Moreover, the particles do not just become entangled over space but also get entangled over time.
This means that a specific particle that currently exists may be entangled with a particle that was present in the past.
And, if there is a measurement on the existing particle, it influences its predecessor immediately.
This eventually leads to counterintuitive and subtle phenomena.
However it is quite hard to differentiate between the cause and the effect.
Another notable effect of it is that it typically increases that amount of information that can be passed on through time.
Typically, in this type of temporal entanglement of the quantum blockchain the fundamental idea is to encode the available data on a quantum particle.
This eventually creates the initial quantum block.
As and when more data is available, the data available from the first particle is combined with that of the second particle in a quantum operation.
When this happens, the former block is discarded and the record contained in it is then combined with the transaction record of the second block.
The data from the subsequent blocks can be added in the same process, which eventually creates a chain.
This chain is extremely secure because anybody trying to manipulate or tamper with it will invalidate it immediately.
This is the most significant advantage of quantum entanglement of a blockchain.
The quantum blockchain also comes with another significant advantage.
The earlier blocks of the chain are totally tamper-proof because the hacker cannot even access the earlier photons because these do not exist any longer.
This means that entanglement in time will offer much greater security benefits in comparison to entanglement in space.
The best part of this technology is that it is nothing new or alien. Most of this technology exists already, at least in the proof-of-principle form, and their subsystems are already realized experimentally.
This is quite an interesting process to protect classical blockchain networks as and when quantum computers become more relevant and powerful.
A quantum computing blockchain may be a very useful defense but the fact that there is one most significant element of it is not available yet makes it less useful, which is a quantum web.
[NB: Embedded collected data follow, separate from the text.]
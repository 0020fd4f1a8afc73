//! Reads the body of a code block from tokens: statements, labels and jumps, or the first fault.
#![tactic(auto)]

mod addresses;
mod constants;
mod contents;
mod forms;
mod items;
mod laws;
mod letters;
mod locals;
mod mnemonics;
mod operands;
mod reading;
mod statements;
mod words;

pub use contents::{Body, Jump, Label};
pub use items::BodyStatement;
pub use laws::more_turns_read_the_same;
pub use reading::{ReadError, body};
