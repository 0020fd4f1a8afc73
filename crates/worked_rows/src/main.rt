//! Plays the worked rows and the examples. Each is a folder with the words of a command and the files that these name; the lists of
//! the folders are the files `rows` and `examples`. Standard output is the text of each row, after a line with its name and before a
//! line with its exit status and the line that the program prints on a fault. Of an example it says whether what was written is
//! the text that stands beside it, whose name the list gives. Then come small programs, of each of which it says whether its trace
//! ends as was worked out by hand, and last the refusals of an outside that has no capacity.
#![tactic(auto)]

mod opener;
mod playing;
mod programs;
mod refusals;

use anyhow::Context;
use opener::RowOpener;
use pair_io::{MemSink, RealFiles, RealSink};
use playing::{play, show_end};
use programs::show_programs;
use refusals::show_refusals;
use std::alloc::Global;
use std::rt::Files;
use std::sync::Wait;
use std::thread::Threads;
use std::{fs, io};

/// How many bytes the text of an example may have.
const TEXT_CAPACITY: u32 = 1_000_000;

/// Plays a row between its name and its status.
fn show_row<R: Threads + Wait + Sync + Files + Print + Alloc<A = Global>>(
    rt: &R,
    folder: &str,
) -> anyhow::Result<()> {
    println!(rt; "== {folder}")?;
    let mut files = RealFiles::new(RowOpener::new(rt, rt.alloc(), folder));
    let mut sink = RealSink::new(io::writer(rt));
    let fault = play(rt, folder, &mut files, &mut sink)?;
    show_end(rt, fault)?;
    Ok(())
}

/// Plays an example, and compares what it writes with the file of this name in its folder.
fn show_example<R: Threads + Wait + Sync + Files + Print + Alloc<A = Global>>(
    rt: &R,
    folder: &str,
    name: &str,
) -> anyhow::Result<()> {
    let alloc = rt.alloc();
    let mut files = RealFiles::new(RowOpener::new(rt, alloc, folder));
    let mut sink = MemSink::new(alloc, TEXT_CAPACITY, Vec::new(alloc))
        .ok()
        .context("no memory")?;
    let fault = play(rt, folder, &mut files, &mut sink)?;
    let text = fs::read(rt, format!(in alloc; "{folder}/{name}")?.as_str())?;
    let finding = if sink.written() == text.as_slice() {
        "as written"
    } else {
        "another text"
    };
    println!(rt; "== example {folder}: {finding}")?;
    show_end(rt, fault)?;
    Ok(())
}

fn main(rt: HostRuntime) -> anyhow::Result<()> {
    let rows = fs::read_to_string(&rt, "rows")?;
    for folder in rows.as_str().lines() {
        show_row(&rt, folder)?;
    }
    let examples = fs::read_to_string(&rt, "examples")?;
    for example in examples.as_str().lines() {
        let (folder, name) = example.split_once(' ').context("a folder and a file")?;
        show_example(&rt, folder, name)?;
    }
    show_programs(&rt)?;
    show_refusals(&rt)
}
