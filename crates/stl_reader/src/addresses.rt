//! The parts of an operand, and what an operand is.
ghost use Rattle.std.specs.Prelude.{◌≡◌, ◌≤◌, length, IfOk};
ghost use Rattle.stl_decl.specs.Steps.{Gives, seen, at_rest};
ghost use Rattle.stl_reader.specs.Addresses.{refused, part_number, part_sign, part_word, address, taken, judged, word_operand, bit_operand, byte_operand};

use crate::forms::{OperandForm, accepts};
use crate::words::OperandWord;
use instruction_set::OperandArea;
use stl_decl::{Fault, FaultKind, end_fault, fault_at, is_sign, is_word, next, number_of, unfit};
use stl_lex::{Token, TokenKind};

/// The mnemonic behind which a list of parameters would stand.
pub const CALL: [u8; 5] = *b"CALL\0";

/// The name of no label.
pub const NO_NAME: [u8; 4] = [0; 4];

/// An operand as it is stored. Where it is the target of a jump, it has the name of its label.
#[derive(Clone, Copy, Debug, PartialEq, Eq)]
pub struct Operand {
    pub area: OperandArea,
    pub bit: u8,
    pub db: u16,
    pub value: u32,
    pub name: [u8; 4],
}

/// The fault of a token that can't stand in an operand.
pub fn refused(text: &[u8], mnemonic: [u8; 5], token: Token) -> Fault
    ensures { result ≡ refused text.now mnemonic token }
{
    if mnemonic == CALL && is_sign(text, token, b"(") {
        fault_at(FaultKind::OutOfScope, token)
    } else {
        unfit(text, token)
    }
}

/// Nothing, where an operand of this form may stand behind the mnemonic; else the fault of its first token.
pub fn taken(text: &[u8], mnemonic: [u8; 5], form: OperandForm, token: Token) -> Result<(), Fault>
    ensures { result ≡ taken text.now mnemonic form token }
{
    if accepts(mnemonic, form) {
        Ok(())
    } else {
        Err(refused(text, mnemonic, token))
    }
}

/// Nothing, or the fault of an operand that is none as a whole, at its first token.
pub fn judged(holds: bool, token: Token) -> Result<(), Fault>
    ensures { result ≡ judged holds token }
{
    if holds {
        Ok(())
    } else {
        Err(fault_at(FaultKind::BadOperand, token))
    }
}

/// A number.
pub fn part_number<'a>(
    text: &[u8],
    mnemonic: [u8; 5],
    tokens: &'a [Token],
) -> Result<(u32, Token, &'a [Token]), Fault>
    requires { length text.now ≤ 1048576 }
    ensures { Gives seen result (part_number text.now mnemonic tokens.now) }
{
    let Some((first, rest)) = next(tokens) else {
        return Err(end_fault(text));
    };
    if matches!(first.kind, TokenKind::Number) {
        let number = number_of(text, first).min(u32::MAX as u64);
        Ok((number as u32, first, rest))
    } else {
        Err(refused(text, mnemonic, first))
    }
}

/// This sign.
pub fn part_sign<'a>(
    text: &[u8],
    mnemonic: [u8; 5],
    sign: &[u8],
    tokens: &'a [Token],
) -> Result<(Token, &'a [Token]), Fault>
    requires { length text.now ≤ 1048576 }
    ensures { Gives at_rest result (part_sign text.now mnemonic sign.now tokens.now) }
{
    let Some((first, rest)) = next(tokens) else {
        return Err(end_fault(text));
    };
    if is_sign(text, first, sign) {
        Ok((first, rest))
    } else {
        Err(refused(text, mnemonic, first))
    }
}

/// This word.
pub fn part_word<'a>(
    text: &[u8],
    mnemonic: [u8; 5],
    word: &[u8],
    tokens: &'a [Token],
) -> Result<(Token, &'a [Token]), Fault>
    requires { length text.now ≤ 1048576 }
    ensures { Gives at_rest result (part_word text.now mnemonic word.now tokens.now) }
{
    let Some((first, rest)) = next(tokens) else {
        return Err(end_fault(text));
    };
    if is_word(text, first, word) {
        Ok((first, rest))
    } else {
        Err(refused(text, mnemonic, first))
    }
}

/// The number directly behind a word of an area, where `[` would begin an address that is computed.
pub fn address<'a>(
    text: &[u8],
    mnemonic: [u8; 5],
    tokens: &'a [Token],
) -> Result<(u32, Token, &'a [Token]), Fault>
    requires { length text.now ≤ 1048576 }
    ensures { Gives seen result (address text.now mnemonic tokens.now) }
{
    match next(tokens) {
        Some((first, _)) if is_sign(text, first, b"[") => {
            Err(fault_at(FaultKind::OutOfScope, first))
        }
        _ => part_number(text, mnemonic, tokens),
    }
}

/// An operand that is a word alone.
pub fn word_operand(row: OperandWord) -> Operand
    ensures { result ≡ word_operand row }
{
    Operand {
        area: row.area,
        bit: row.unit,
        db: 0,
        value: row.value,
        name: NO_NAME,
    }
}

/// byte "." bit, behind the word of an area, which is the operand's first token.
#[tactic(auto, unfolding(crate::specs::Addresses::bit_operand))]
pub fn bit_operand<'a>(
    text: &[u8],
    mnemonic: [u8; 5],
    row: OperandWord,
    first: Token,
    tokens: &'a [Token],
) -> Result<(Operand, Token, &'a [Token]), Fault>
    requires { length text.now ≤ 1048576 }
    ensures { Gives seen result (bit_operand text.now mnemonic row first tokens.now) }
{
    let (byte, _, rest) = address(text, mnemonic, tokens)?;
    let (_, rest) = part_sign(text, mnemonic, b".", rest)?;
    let (bit, last, rest) = part_number(text, mnemonic, rest)?;
    if bit > 7 {
        return Err(fault_at(FaultKind::BadOperand, first));
    }
    Ok((
        Operand {
            area: row.area,
            bit: bit as u8,
            db: 0,
            value: byte,
            name: NO_NAME,
        },
        last,
        rest,
    ))
}

/// A number behind the word of an area.
#[tactic(auto, unfolding(crate::specs::Addresses::byte_operand))]
pub fn byte_operand<'a>(
    text: &[u8],
    mnemonic: [u8; 5],
    row: OperandWord,
    tokens: &'a [Token],
) -> Result<(Operand, Token, &'a [Token]), Fault>
    requires { length text.now ≤ 1048576 }
    ensures { Gives seen result (byte_operand text.now mnemonic row tokens.now) }
{
    let (number, last, rest) = address(text, mnemonic, tokens)?;
    Ok((
        Operand {
            area: row.area,
            bit: row.unit,
            db: 0,
            value: number,
            name: NO_NAME,
        },
        last,
        rest,
    ))
}
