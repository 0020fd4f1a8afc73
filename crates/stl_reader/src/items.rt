//! What a body consists of: labels, statements, and headings of networks.
ghost use Rattle.std.specs.Prelude.{◌≡◌, ◌≤◌, length};
ghost use Rattle.std.specs.Option.{option_map};
ghost use Rattle.stl_decl.specs.Steps.{GivesOr, at_rest};
ghost use Rattle.stl_reader.specs.Items.{end_word, block_locals, label_at, bare, labelled_item, labelled_at, second_label, behind_label, is_heading, item_at, part_at};

use crate::operands::label_name;
use crate::statements::statement_at;
use s7_base::{CodeKind, Statement};
use std::alloc::Global;
use stl_decl::{
    Fault, FaultKind, Layout, StepError, end_fault, fault_at, is_sign, is_word, next, spelling,
};
use stl_lex::{Token, TokenKind};

/// A statement, and the line and the column of its mnemonic.
#[derive(Clone, Copy, Debug, PartialEq, Eq)]
pub struct BodyStatement {
    pub statement: Statement,
    pub line: u32,
    pub column: u32,
}

/// The name of a label, in upper case and filled up with zeros, and its line and column.
#[derive(Clone, Copy, Debug, PartialEq, Eq)]
pub struct LabelName {
    pub name: [u8; 4],
    pub line: u32,
    pub column: u32,
}

/// A label, a statement and the label that it jumps to, as far as they are there.
#[derive(Clone, Copy, Debug, PartialEq, Eq)]
pub struct Item {
    pub label: Option<LabelName>,
    pub statement: Option<BodyStatement>,
    pub target: Option<[u8; 4]>,
}

/// The word that ends a block of the kind.
fn end_word(kind: CodeKind) -> &'static [u8]
    ensures { result.now ≡ end_word kind }
{
    match kind {
        CodeKind::Ob => b"END_ORGANIZATION_BLOCK",
        CodeKind::Fb => b"END_FUNCTION_BLOCK",
        CodeKind::Fc => b"END_FUNCTION",
    }
}

/// The bytes of local data that the statements of the block see: an organisation block has its 20 bytes of start
/// information in any case.
fn block_locals(kind: CodeKind, temps: &Layout) -> u32
    ensures { result ≡ block_locals kind temps.now }
{
    match kind {
        CodeKind::Ob => temps.size().max(20),
        CodeKind::Fb | CodeKind::Fc => temps.size(),
    }
}

/// A word of at most four letters and a colon.
fn label_at<'a>(text: &[u8], tokens: &'a [Token]) -> Option<(LabelName, &'a [Token])>
    ensures { option_map at_rest result ≡ label_at text.now tokens.now }
{
    let (first, rest) = next(tokens)?;
    let (second, after) = next(rest)?;
    if !matches!(first.kind, TokenKind::Word) || !is_sign(text, second, b":") {
        return None;
    }
    let name = label_name(spelling(text, first))?;
    Some((
        LabelName {
            name,
            line: first.line,
            column: first.column,
        },
        after,
    ))
}

/// A label alone, or nothing.
fn bare(label: Option<LabelName>) -> Item
    ensures { result ≡ bare label }
{
    Item {
        label,
        statement: None,
        target: None,
    }
}

/// A statement behind a label, or without one.
#[tactic(auto, unfolding(crate::specs::Items::labelled_item))]
fn labelled_item<'a>(
    alloc: Global,
    text: &[u8],
    kind: CodeKind,
    temps: &Layout,
    label: Option<LabelName>,
    first: Token,
    tokens: &'a [Token],
) -> Result<(Item, &'a [Token]), StepError>
    requires { length text.now ≤ 1048576 }
    ensures { GivesOr at_rest result (labelled_item text.now kind temps.now label first tokens.now) }
{
    let locals = block_locals(kind, temps);
    let (statement, target, rest) = statement_at(alloc, text, locals, temps, tokens)?;
    Ok((
        Item {
            label,
            statement: Some(BodyStatement {
                statement,
                line: first.line,
                column: first.column,
            }),
            target,
        },
        rest,
    ))
}

/// [ mnemonic [ operand ] ] ";" behind a label, or without one. Before the end word a label stands alone.
fn labelled_at<'a>(
    alloc: Global,
    text: &[u8],
    kind: CodeKind,
    temps: &Layout,
    label: Option<LabelName>,
    tokens: &'a [Token],
) -> Result<(Item, &'a [Token]), StepError>
    requires { length text.now ≤ 1048576 }
    ensures { GivesOr at_rest result (labelled_at text.now kind temps.now label tokens.now) }
{
    let Some((first, rest)) = next(tokens) else {
        return Err(StepError::Fault(end_fault(text)));
    };
    if is_word(text, first, end_word(kind)) {
        return Ok((bare(label), tokens));
    }
    if is_sign(text, first, b";") {
        return Ok((bare(label), rest));
    }
    labelled_item(alloc, text, kind, temps, label, first, tokens)
}

/// The fault of a second label before one statement.
fn second_label(text: &[u8], tokens: &[Token]) -> Option<Fault>
    ensures { result ≡ second_label text.now tokens.now }
{
    let (first, _) = next(tokens)?;
    if label_at(text, tokens).is_some() {
        Some(fault_at(FaultKind::UnknownInstruction, first))
    } else {
        None
    }
}

/// What stands behind a label.
fn behind_label<'a>(
    alloc: Global,
    text: &[u8],
    kind: CodeKind,
    temps: &Layout,
    label: LabelName,
    tokens: &'a [Token],
) -> Result<(Item, &'a [Token]), StepError>
    requires { length text.now ≤ 1048576 }
    ensures { GivesOr at_rest result (behind_label (second_label text.now tokens.now) text.now kind temps.now label tokens.now) }
{
    match second_label(text, tokens) {
        Some(fault) => Err(StepError::Fault(fault)),
        None => labelled_at(alloc, text, kind, temps, Some(label), tokens),
    }
}

/// [ label ":" ] [ mnemonic [ operand ] ] ";"
#[tactic(auto, unfolding(crate::specs::Items::item_at))]
fn item_at<'a>(
    alloc: Global,
    text: &[u8],
    kind: CodeKind,
    temps: &Layout,
    tokens: &'a [Token],
) -> Result<(Item, &'a [Token]), StepError>
    requires { length text.now ≤ 1048576 }
    ensures { GivesOr at_rest result (item_at text.now kind temps.now tokens.now) }
{
    match label_at(text, tokens) {
        Some((label, rest)) => behind_label(alloc, text, kind, temps, label, rest),
        None => labelled_at(alloc, text, kind, temps, None, tokens),
    }
}

/// Whether the token is a heading: NETWORK, or a title.
fn is_heading(text: &[u8], token: Token) -> bool
    ensures { result ≡ is_heading text.now token }
{
    matches!(token.kind, TokenKind::Title) || is_word(text, token, b"NETWORK")
}

/// A statement behind its label, a heading, or None at the end word of the block.
#[tactic(auto, unfolding(crate::specs::Items::part_at))]
pub fn part_at<'a>(
    alloc: Global,
    text: &[u8],
    kind: CodeKind,
    temps: &Layout,
    tokens: &'a [Token],
) -> Result<(Option<Item>, &'a [Token]), StepError>
    requires { length text.now ≤ 1048576 }
    ensures exact { GivesOr at_rest result (part_at text.now kind temps.now tokens.now) }
{
    let Some((first, rest)) = next(tokens) else {
        return Err(StepError::Fault(end_fault(text)));
    };
    if is_word(text, first, end_word(kind)) {
        return Ok((None, rest));
    }
    if is_heading(text, first) {
        return Ok((Some(bare(None)), rest));
    }
    let (item, rest) = item_at(alloc, text, kind, temps, tokens)?;
    Ok((Some(item), rest))
}
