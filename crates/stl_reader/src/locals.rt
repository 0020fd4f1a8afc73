//! Named locals as operands, with a constant index behind the names of arrays.
ghost use Rattle.std.specs.Prelude.{◌≡◌, ◌≤◌, ◌<◌, ◌^◌, length, drop, IfOk};
ghost use Rattle.stl_decl.specs.Steps.{Gives, GivesOr, seen, spelling};
ghost use Rattle.stl_decl.specs.Layout.{variable_of};
ghost use Rattle.stl_reader.specs.Locals.{local_form, local_unit, local_at, suits_mnemonic, variable_operand, named_local, local_operand};

use crate::addresses::{NO_NAME, Operand};
use crate::forms::{OperandForm, accepts};
use crate::operands::takes_memory;
use instruction_set::OperandArea;
use std::alloc::Global;
use stl_decl::{
    Fault, FaultKind, Layout, SimpleType, StepError, Variable, element_at, element_bit, fault_at,
    spelling, upper,
};
use stl_lex::{Token, after};

/// The form of operand that a name of the type is. Names of 8 bytes are none.
fn local_form(simple: SimpleType) -> Option<OperandForm>
    ensures { result ≡ local_form simple }
{
    match simple {
        SimpleType::Bool => Some(OperandForm::Bit),
        SimpleType::DateAndTime => None,
        _ => Some(OperandForm::Value),
    }
}

/// The bit that is stored for an element that begins at this bit: its own, or the unit of its type.
fn local_unit(simple: SimpleType, bit: u64) -> u8
    ensures { result ≡ local_unit simple bit }
{
    match simple.bits() {
        1 => (bit % 8) as u8,
        8 => 8,
        16 => 9,
        _ => 10,
    }
}

/// An element of the local data that begins at this bit.
fn local_at(simple: SimpleType, bit: u64) -> Operand
    ensures { result ≡ local_at simple bit }
{
    Operand {
        area: OperandArea::Local,
        bit: local_unit(simple, bit),
        db: 0,
        value: (bit / 8).min(u32::MAX as u64) as u32,
        name: NO_NAME,
    }
}

/// Whether a name of the type may stand behind the mnemonic.
fn suits_mnemonic(mnemonic: [u8; 5], simple: SimpleType) -> bool
    ensures { result ≡ suits_mnemonic mnemonic (local_form simple) }
{
    match local_form(simple) {
        Some(form) => accepts(mnemonic, form),
        None => false,
    }
}

/// What stands behind the name of a variable.
#[tactic(auto, unfolding(crate::specs::Locals::variable_operand))]
fn variable_operand<'a>(
    text: &[u8],
    mnemonic: [u8; 5],
    variable: Variable,
    first: Token,
    rest: &'a [Token],
) -> Result<(Operand, Token, &'a [Token]), Fault>
    requires { length text.now ≤ 1048576 }
    ensures { Gives seen result (variable_operand text.now mnemonic variable first rest.now) }
{
    if !suits_mnemonic(mnemonic, variable.shape.simple) {
        return Err(fault_at(FaultKind::BadOperand, first));
    }
    let (k, last, rest) = element_at(text, variable.shape, first, rest)?;
    Ok((
        local_at(variable.shape.simple, element_bit(variable, k)),
        last,
        rest,
    ))
}

/// A name that is declared, or none.
fn named_local<'a>(
    text: &[u8],
    mnemonic: [u8; 5],
    variable: Option<Variable>,
    first: Token,
    rest: &'a [Token],
) -> Result<(Operand, Token, &'a [Token]), Fault>
    requires { length text.now ≤ 1048576 }
    ensures { Gives seen result (named_local variable text.now mnemonic first rest.now) }
{
    match variable {
        Some(variable) => variable_operand(text, mnemonic, variable, first, rest),
        None => Err(fault_at(FaultKind::UnknownName, first)),
    }
}

/// `#` and a name.
pub fn local_operand<'a>(
    alloc: Global,
    text: &[u8],
    temps: &Layout,
    mnemonic: [u8; 5],
    first: Token,
    rest: &'a [Token],
) -> Result<(Operand, Token, &'a [Token]), StepError>
    requires { length text.now ≤ 1048576 }
    ensures { GivesOr seen result (local_operand text.now temps.now mnemonic first rest.now) }
{
    if !takes_memory(mnemonic) {
        return Err(StepError::Fault(fault_at(FaultKind::BadOperand, first)));
    }
    let name = upper(alloc, after(1, spelling(text, first)))?;
    let variable = temps.variable(name.as_slice());
    let found = named_local(text, mnemonic, variable, first, rest)?;
    Ok(found)
}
However, with everything in place and proper, this type of network will be able to transmit quantum info through quantum routers most efficiently without destroying the quantum properties.
This will protect the current crypto blockchain networks from the threats imposed by quantum computers.
The good news is that such systems are being designed and are expected to be rolled out soon in The United States, Europe, and China very soon within a couple of years.
Building such kinds of systems is indeed a complex engineering task and is not confined within the fundamentals of physics.
However, research and development to implement quantum blockchain is on and it is just a matter of time for it to become possible.
However, whether this protocol will emerge as one of the best is a different question, of course.
So, as this article points out, there are some major threats imposed by quantum computers on crypto, though it is not immediate.
Still there are some useful measures that should be taken by the businesses, communities and governments to protect cryptocurrencies.